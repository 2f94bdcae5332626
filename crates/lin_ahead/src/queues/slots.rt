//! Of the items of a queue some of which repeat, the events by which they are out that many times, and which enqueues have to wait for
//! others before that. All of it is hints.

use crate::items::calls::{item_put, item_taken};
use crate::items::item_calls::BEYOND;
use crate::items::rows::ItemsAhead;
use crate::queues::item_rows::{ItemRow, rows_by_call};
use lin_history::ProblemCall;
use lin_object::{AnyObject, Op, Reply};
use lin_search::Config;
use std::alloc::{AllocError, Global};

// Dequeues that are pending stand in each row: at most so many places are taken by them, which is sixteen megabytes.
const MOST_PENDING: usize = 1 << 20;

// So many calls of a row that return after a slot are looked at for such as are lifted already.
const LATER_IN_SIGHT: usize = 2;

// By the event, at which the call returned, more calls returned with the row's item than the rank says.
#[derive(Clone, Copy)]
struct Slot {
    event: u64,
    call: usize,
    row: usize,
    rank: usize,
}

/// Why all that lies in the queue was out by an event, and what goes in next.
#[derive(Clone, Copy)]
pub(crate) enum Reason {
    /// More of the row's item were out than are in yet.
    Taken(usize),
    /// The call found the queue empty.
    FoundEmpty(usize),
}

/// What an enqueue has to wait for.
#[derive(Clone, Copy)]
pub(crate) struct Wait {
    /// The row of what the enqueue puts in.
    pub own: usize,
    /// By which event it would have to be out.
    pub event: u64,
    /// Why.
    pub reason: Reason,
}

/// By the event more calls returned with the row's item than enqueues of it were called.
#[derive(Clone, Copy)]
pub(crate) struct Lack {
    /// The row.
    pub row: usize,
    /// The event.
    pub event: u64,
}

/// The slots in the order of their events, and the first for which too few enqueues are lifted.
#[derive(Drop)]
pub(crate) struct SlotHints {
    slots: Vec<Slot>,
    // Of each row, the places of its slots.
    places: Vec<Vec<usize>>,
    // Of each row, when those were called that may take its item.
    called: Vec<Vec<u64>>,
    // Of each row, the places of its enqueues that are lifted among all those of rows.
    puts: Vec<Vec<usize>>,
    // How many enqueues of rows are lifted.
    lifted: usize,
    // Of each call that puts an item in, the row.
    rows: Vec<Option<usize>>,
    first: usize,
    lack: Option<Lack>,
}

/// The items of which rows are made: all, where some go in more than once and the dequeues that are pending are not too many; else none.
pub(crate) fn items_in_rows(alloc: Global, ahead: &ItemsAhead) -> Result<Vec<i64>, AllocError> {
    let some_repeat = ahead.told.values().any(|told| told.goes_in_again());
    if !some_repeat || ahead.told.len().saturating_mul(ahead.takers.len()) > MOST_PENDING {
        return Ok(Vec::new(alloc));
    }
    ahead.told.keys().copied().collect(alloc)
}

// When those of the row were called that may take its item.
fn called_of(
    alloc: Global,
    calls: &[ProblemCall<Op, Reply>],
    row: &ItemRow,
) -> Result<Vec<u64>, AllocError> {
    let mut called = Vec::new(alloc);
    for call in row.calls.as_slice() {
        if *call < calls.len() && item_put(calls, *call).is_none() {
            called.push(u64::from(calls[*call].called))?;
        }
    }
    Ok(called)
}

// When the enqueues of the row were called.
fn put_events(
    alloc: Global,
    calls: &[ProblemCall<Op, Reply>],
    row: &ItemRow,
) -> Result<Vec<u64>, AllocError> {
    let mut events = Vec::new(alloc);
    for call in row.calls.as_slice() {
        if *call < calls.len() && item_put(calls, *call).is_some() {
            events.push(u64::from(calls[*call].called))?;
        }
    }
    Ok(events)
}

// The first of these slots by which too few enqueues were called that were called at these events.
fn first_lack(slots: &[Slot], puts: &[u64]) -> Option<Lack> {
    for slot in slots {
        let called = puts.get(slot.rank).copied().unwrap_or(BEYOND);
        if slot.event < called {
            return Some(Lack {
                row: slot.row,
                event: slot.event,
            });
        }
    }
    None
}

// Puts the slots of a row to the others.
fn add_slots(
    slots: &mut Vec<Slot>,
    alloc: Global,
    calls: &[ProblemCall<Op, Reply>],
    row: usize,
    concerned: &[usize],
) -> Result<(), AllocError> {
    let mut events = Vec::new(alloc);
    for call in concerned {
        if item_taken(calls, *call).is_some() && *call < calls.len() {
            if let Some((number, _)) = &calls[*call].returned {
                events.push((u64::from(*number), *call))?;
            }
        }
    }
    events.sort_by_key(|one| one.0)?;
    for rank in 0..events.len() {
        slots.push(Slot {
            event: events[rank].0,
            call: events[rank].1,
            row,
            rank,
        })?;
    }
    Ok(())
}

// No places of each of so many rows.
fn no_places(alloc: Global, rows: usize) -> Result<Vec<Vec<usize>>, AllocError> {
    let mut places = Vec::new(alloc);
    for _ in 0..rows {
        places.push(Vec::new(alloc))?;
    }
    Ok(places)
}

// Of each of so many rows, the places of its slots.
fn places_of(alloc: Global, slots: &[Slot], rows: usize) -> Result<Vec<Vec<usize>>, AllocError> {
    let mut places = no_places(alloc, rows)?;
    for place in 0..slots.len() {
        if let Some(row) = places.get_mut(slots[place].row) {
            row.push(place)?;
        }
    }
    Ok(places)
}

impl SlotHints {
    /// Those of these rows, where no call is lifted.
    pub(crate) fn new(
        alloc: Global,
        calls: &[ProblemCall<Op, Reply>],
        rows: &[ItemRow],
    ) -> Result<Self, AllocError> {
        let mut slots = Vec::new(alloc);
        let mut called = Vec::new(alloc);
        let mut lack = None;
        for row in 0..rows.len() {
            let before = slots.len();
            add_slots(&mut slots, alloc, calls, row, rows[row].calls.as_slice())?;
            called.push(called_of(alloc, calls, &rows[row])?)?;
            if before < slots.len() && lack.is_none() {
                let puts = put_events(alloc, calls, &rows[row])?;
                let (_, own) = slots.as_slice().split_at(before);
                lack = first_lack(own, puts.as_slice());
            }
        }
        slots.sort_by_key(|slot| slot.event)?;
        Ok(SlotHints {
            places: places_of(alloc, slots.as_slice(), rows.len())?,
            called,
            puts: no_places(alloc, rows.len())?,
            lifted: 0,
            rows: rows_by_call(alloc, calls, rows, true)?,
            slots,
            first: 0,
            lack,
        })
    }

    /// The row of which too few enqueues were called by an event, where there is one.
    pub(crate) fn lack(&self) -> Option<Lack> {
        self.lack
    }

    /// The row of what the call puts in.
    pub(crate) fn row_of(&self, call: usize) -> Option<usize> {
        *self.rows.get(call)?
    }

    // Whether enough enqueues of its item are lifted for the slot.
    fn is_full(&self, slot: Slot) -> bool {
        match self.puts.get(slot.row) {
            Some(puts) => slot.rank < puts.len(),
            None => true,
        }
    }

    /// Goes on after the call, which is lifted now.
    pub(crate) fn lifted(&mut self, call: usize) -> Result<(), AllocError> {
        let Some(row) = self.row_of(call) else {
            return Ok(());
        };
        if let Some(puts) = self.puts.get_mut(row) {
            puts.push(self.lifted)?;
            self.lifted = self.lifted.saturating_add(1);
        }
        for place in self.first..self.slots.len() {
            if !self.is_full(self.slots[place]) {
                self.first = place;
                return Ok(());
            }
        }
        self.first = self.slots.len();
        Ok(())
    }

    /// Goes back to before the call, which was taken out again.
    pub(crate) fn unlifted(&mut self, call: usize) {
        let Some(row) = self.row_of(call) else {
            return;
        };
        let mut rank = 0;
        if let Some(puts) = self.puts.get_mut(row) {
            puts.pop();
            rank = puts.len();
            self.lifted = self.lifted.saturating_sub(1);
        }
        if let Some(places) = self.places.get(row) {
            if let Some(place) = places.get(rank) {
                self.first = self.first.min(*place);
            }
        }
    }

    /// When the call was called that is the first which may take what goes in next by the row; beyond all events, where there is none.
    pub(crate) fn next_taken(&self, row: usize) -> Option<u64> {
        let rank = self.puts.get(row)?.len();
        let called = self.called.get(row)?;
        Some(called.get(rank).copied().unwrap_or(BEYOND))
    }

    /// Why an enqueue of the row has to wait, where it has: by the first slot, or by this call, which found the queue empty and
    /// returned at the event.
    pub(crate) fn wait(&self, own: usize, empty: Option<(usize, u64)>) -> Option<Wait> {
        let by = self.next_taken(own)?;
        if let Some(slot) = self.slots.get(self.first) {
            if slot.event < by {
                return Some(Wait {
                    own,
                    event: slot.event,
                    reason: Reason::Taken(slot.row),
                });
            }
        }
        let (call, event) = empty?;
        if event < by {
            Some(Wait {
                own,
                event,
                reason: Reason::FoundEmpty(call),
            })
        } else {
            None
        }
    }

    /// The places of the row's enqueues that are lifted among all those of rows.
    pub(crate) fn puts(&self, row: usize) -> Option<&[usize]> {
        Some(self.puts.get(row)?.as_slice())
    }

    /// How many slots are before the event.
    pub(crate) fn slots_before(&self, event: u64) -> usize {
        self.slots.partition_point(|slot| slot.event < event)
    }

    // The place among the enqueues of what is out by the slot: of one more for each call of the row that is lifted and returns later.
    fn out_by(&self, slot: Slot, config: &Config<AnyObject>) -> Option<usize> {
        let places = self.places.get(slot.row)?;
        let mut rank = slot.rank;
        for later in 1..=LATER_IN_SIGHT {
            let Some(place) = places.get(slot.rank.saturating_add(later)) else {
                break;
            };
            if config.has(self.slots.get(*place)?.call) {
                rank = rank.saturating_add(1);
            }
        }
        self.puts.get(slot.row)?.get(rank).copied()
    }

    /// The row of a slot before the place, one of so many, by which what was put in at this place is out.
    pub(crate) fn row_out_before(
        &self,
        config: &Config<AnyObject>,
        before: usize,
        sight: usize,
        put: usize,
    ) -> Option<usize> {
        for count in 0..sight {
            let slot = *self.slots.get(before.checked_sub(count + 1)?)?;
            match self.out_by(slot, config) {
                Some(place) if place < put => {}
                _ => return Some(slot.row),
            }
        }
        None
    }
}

++++

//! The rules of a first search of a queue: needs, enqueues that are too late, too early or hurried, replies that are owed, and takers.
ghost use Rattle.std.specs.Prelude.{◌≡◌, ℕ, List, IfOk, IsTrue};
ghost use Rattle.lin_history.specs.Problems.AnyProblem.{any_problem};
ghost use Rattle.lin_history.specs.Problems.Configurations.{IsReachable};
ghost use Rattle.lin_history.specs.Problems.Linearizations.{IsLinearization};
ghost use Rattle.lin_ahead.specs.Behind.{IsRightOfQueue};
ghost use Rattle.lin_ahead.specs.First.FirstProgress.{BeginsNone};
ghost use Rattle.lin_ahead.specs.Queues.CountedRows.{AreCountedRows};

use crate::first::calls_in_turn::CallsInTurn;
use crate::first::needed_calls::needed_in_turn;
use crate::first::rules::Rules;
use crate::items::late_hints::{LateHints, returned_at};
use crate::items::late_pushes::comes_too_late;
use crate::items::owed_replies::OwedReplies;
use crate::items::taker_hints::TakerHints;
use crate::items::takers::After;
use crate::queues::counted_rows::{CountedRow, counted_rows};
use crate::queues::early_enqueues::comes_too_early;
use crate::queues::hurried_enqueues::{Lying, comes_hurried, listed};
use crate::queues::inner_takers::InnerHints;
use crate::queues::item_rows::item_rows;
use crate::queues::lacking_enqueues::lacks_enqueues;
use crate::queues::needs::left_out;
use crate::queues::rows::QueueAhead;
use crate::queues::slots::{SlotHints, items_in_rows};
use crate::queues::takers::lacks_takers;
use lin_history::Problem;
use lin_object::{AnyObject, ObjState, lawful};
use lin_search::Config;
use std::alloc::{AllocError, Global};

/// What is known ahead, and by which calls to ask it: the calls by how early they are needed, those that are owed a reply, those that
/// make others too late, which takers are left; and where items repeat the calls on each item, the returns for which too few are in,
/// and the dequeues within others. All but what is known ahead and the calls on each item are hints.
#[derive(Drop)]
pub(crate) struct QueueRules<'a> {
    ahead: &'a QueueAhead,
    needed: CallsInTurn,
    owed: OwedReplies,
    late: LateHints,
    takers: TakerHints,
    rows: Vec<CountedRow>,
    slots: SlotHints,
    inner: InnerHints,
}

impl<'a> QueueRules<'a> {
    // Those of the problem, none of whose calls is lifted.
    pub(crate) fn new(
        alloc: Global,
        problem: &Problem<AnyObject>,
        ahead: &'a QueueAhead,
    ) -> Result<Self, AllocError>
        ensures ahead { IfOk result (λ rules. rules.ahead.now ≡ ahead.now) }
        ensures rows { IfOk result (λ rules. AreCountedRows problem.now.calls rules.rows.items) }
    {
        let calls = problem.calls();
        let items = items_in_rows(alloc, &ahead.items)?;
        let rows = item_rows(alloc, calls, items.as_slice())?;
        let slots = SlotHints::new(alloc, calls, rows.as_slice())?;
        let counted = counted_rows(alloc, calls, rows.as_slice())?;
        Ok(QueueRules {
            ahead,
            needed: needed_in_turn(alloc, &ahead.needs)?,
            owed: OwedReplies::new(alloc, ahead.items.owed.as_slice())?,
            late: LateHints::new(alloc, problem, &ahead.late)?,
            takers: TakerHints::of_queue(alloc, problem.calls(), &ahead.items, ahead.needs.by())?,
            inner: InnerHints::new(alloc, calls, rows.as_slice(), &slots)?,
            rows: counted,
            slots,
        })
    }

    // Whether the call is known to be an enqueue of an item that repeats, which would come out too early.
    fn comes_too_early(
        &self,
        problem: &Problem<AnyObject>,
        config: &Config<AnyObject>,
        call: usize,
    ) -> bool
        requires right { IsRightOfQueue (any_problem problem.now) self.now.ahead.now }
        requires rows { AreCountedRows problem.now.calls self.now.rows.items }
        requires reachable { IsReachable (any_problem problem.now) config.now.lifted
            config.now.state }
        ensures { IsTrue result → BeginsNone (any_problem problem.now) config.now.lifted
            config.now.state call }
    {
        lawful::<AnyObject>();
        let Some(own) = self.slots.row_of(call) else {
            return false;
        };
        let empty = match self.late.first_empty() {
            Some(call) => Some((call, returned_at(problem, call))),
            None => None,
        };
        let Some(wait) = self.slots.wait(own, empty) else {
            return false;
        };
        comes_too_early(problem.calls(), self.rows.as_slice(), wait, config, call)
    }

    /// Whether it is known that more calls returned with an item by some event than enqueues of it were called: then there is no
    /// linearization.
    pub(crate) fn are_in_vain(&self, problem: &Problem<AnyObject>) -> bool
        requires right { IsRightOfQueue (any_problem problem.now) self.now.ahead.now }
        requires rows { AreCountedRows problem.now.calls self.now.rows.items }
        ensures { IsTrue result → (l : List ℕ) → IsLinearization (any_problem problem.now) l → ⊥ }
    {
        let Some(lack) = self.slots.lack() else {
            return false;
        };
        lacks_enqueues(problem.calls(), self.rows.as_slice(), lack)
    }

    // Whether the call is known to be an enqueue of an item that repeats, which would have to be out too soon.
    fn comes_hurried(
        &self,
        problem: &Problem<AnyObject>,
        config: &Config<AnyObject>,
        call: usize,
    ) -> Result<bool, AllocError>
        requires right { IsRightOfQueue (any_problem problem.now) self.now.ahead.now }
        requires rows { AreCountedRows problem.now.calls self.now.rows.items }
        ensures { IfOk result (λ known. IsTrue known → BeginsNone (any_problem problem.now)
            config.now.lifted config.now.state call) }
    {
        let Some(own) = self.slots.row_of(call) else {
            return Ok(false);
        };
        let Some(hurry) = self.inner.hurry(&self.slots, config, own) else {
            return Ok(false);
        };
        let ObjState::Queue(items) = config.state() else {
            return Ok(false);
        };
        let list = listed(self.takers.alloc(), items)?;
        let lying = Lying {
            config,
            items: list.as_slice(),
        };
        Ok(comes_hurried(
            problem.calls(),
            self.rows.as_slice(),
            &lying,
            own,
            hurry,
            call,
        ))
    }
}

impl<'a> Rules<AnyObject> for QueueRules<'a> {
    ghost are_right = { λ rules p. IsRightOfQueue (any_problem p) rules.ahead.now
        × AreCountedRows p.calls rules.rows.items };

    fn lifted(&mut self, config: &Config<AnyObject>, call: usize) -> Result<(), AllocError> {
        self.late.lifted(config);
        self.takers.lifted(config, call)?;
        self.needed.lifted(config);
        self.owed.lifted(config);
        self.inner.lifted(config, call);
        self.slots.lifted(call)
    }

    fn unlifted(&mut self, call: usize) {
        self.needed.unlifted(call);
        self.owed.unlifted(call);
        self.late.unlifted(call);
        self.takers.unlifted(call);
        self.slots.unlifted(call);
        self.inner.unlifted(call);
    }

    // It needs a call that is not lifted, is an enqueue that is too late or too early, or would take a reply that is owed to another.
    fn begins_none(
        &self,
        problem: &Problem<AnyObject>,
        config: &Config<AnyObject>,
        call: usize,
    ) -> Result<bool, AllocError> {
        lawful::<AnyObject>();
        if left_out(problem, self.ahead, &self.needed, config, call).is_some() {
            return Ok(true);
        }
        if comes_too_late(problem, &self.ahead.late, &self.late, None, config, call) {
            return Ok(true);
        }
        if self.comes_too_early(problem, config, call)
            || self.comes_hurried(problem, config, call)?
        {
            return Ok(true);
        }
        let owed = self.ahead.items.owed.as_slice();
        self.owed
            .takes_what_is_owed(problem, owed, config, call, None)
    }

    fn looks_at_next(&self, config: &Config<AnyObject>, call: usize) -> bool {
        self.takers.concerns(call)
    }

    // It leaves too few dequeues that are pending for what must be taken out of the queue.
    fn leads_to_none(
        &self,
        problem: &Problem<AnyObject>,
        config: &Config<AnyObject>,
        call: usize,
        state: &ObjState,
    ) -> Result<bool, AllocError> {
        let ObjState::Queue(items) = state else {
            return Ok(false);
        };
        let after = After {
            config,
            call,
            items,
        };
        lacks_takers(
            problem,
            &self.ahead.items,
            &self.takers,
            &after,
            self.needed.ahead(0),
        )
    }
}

++++

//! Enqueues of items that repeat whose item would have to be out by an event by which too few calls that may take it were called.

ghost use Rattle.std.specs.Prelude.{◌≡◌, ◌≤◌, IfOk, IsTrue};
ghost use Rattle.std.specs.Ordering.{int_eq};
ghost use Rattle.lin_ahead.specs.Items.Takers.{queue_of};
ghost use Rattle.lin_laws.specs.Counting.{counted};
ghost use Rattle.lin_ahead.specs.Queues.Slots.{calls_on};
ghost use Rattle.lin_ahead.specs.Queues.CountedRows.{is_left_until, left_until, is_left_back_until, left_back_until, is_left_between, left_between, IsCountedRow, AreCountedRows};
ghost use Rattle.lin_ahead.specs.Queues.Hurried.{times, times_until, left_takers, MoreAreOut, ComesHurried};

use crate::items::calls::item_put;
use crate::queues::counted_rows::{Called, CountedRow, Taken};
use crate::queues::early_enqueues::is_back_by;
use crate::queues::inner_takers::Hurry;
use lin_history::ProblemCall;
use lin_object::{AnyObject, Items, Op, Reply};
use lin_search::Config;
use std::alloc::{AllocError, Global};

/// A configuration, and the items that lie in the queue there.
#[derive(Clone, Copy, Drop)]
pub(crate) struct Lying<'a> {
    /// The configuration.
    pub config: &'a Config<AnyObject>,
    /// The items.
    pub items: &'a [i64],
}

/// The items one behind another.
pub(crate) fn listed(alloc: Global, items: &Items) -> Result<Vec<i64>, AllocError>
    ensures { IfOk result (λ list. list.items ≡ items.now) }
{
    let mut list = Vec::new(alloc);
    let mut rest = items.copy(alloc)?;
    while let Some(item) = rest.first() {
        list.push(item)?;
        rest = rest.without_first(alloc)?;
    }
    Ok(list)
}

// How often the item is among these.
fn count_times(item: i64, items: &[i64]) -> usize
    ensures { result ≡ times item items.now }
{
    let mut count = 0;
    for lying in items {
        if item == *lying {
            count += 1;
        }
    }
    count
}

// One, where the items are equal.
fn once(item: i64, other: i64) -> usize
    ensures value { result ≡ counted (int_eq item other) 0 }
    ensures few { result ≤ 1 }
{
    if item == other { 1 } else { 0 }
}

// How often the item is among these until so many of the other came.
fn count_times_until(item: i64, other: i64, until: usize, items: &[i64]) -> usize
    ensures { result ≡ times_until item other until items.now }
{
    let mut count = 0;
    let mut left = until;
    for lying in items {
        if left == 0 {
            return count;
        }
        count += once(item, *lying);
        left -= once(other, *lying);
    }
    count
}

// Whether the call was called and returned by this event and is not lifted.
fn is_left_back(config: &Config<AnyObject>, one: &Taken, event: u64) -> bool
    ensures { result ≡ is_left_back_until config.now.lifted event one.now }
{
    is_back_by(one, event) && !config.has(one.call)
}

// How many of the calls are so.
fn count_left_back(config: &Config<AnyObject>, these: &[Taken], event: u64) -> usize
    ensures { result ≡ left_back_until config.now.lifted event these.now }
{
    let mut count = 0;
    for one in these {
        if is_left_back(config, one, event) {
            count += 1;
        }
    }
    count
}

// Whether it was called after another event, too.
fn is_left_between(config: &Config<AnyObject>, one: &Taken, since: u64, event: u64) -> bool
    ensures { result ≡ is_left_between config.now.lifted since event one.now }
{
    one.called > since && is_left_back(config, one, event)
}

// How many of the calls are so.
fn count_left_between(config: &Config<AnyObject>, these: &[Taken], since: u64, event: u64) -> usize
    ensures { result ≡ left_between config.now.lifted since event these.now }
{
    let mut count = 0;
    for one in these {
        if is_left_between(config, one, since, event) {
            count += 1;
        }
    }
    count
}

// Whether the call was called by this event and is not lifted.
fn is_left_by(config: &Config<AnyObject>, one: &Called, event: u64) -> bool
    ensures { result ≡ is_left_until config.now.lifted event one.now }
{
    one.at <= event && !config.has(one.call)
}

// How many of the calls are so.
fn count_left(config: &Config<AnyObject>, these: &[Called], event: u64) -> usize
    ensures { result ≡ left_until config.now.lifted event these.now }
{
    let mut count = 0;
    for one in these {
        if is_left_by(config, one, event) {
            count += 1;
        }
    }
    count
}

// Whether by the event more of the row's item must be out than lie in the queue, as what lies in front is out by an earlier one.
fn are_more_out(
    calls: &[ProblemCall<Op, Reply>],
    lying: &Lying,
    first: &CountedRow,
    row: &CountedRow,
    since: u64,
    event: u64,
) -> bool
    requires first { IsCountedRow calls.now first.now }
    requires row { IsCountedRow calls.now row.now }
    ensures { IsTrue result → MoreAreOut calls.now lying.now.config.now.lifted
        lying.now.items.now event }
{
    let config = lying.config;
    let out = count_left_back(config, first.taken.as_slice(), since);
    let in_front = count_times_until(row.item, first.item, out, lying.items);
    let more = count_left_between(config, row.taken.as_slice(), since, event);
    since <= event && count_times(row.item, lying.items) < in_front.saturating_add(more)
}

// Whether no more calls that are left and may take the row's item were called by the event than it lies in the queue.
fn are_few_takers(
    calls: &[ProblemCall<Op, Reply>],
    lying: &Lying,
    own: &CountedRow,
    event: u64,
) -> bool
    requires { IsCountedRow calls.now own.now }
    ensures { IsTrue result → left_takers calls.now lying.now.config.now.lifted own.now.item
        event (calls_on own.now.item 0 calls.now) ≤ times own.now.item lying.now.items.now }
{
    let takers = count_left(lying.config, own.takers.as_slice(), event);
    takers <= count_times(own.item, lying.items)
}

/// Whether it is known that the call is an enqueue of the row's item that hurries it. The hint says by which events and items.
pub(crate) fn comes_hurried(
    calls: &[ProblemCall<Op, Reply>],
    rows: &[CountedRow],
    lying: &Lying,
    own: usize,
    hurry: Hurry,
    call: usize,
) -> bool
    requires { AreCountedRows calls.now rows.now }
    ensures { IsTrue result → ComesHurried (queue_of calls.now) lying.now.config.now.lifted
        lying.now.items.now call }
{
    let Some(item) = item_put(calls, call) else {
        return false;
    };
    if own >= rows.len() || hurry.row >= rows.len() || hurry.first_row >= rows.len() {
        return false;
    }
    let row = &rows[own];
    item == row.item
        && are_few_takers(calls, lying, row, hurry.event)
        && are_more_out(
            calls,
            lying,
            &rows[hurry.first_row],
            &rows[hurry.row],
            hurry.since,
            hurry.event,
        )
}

++++

**WHAT THIS TASK INVOLVES**: Scan the entries above. Copy each line that has the string "others".

**ANSWER BELOW**:
//! others before that. All of it is hints.
// Puts the slots of a row to the others.
/// make others too late, which takers are left; and where items repeat the calls on each item, the returns for which too few are in,
/// and the dequeues within others. All but what is known ahead and the calls on each item are hints.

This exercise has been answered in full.